# TASK TO COMPLETE
Across all the entries below, how many lines mention the string "Operations"? Respond with a single number.

# Saved data entries
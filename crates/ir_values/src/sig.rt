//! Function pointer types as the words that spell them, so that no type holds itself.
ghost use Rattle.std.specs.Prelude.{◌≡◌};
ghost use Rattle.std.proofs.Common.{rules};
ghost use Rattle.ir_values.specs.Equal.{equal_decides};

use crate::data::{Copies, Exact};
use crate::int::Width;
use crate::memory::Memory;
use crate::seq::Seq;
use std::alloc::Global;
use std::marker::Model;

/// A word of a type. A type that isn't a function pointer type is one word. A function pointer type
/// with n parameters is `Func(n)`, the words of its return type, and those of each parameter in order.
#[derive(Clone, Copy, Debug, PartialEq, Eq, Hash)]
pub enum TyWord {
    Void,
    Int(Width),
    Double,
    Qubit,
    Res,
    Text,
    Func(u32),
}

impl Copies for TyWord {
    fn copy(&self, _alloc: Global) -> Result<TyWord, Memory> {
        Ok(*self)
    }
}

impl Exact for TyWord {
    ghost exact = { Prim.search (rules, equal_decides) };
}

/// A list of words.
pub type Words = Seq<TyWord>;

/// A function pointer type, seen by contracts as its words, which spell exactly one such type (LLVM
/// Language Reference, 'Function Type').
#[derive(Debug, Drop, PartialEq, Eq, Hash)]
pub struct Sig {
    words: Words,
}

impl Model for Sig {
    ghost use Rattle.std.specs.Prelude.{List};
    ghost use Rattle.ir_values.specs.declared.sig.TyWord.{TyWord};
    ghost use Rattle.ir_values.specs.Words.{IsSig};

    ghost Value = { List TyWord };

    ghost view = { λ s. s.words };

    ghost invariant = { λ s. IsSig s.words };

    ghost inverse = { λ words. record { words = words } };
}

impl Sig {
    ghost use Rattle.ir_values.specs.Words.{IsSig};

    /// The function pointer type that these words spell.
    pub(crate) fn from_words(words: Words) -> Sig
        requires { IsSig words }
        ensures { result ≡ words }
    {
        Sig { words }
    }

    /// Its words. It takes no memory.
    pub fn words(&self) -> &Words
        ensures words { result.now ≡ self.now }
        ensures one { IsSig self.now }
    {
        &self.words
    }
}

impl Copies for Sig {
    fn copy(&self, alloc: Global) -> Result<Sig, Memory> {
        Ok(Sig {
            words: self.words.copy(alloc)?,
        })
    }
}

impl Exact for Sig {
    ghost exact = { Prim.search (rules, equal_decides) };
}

...

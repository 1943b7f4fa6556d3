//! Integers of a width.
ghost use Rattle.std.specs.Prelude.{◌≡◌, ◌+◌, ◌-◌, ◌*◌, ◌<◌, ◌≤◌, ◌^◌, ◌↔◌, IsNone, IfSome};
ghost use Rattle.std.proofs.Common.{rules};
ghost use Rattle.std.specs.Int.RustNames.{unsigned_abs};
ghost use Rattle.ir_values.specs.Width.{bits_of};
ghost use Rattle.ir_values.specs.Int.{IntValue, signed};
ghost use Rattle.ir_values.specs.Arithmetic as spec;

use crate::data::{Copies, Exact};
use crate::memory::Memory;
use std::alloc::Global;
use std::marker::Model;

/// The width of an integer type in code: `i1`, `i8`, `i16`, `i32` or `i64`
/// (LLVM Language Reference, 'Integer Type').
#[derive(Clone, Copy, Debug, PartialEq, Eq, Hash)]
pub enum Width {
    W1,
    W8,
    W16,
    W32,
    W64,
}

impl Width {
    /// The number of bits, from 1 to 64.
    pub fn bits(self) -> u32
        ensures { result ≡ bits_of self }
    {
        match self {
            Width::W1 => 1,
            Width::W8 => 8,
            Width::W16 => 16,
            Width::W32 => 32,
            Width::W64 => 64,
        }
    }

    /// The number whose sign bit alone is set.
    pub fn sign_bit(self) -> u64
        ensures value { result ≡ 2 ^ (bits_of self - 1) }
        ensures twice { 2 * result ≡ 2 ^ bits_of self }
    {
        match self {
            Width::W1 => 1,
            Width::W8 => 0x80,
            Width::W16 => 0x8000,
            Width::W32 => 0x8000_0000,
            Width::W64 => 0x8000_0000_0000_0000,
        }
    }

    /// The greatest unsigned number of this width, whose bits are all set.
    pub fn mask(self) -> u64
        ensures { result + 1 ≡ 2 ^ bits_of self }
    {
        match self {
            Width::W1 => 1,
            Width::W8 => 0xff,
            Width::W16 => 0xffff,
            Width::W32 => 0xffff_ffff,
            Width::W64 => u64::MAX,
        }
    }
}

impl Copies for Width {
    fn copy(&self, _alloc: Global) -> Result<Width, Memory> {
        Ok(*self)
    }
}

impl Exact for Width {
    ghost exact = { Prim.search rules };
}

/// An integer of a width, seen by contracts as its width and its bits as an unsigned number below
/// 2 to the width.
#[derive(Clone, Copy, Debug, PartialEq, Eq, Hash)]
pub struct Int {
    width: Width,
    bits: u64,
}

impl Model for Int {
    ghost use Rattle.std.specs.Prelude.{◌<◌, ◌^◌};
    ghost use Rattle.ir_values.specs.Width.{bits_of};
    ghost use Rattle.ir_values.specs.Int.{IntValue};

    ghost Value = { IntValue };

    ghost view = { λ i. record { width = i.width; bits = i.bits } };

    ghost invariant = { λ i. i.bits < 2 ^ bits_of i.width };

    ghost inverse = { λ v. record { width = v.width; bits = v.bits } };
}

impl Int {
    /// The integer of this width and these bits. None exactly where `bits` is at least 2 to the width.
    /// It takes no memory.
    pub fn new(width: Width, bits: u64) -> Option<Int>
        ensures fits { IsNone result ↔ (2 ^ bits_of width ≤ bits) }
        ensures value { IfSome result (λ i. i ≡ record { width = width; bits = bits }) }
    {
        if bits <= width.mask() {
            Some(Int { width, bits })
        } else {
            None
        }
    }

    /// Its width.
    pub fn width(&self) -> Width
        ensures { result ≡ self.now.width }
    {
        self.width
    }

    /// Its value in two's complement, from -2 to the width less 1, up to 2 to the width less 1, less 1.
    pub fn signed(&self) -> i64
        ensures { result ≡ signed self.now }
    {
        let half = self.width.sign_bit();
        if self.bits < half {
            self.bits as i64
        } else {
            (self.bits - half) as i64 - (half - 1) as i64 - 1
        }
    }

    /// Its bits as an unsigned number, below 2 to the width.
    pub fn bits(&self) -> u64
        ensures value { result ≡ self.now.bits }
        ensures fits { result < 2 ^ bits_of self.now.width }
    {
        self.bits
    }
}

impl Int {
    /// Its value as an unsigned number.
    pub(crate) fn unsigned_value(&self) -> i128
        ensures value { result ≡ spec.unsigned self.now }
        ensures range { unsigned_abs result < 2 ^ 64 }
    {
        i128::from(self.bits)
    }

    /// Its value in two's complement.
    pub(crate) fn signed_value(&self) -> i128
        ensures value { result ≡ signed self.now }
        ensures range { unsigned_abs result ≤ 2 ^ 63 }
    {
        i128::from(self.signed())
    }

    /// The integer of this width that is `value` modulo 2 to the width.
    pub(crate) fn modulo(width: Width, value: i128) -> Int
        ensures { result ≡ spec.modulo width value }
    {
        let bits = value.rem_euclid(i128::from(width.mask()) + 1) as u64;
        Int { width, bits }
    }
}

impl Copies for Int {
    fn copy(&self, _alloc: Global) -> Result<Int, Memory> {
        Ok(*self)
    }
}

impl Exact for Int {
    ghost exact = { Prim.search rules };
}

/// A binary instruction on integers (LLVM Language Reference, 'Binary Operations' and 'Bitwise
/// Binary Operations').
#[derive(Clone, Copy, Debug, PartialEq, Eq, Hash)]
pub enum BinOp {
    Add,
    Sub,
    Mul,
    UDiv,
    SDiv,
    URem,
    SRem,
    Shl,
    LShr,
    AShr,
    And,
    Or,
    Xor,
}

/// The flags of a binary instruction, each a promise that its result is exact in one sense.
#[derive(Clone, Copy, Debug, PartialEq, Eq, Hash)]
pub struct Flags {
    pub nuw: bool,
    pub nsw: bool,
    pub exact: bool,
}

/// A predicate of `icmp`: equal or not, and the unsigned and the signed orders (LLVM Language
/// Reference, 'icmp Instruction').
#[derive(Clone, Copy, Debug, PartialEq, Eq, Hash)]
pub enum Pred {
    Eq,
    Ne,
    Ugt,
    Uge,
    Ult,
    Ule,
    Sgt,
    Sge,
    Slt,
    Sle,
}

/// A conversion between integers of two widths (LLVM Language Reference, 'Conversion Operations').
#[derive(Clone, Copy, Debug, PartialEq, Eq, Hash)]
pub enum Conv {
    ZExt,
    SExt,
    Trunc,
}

# RESULT FOR THIS TASK
3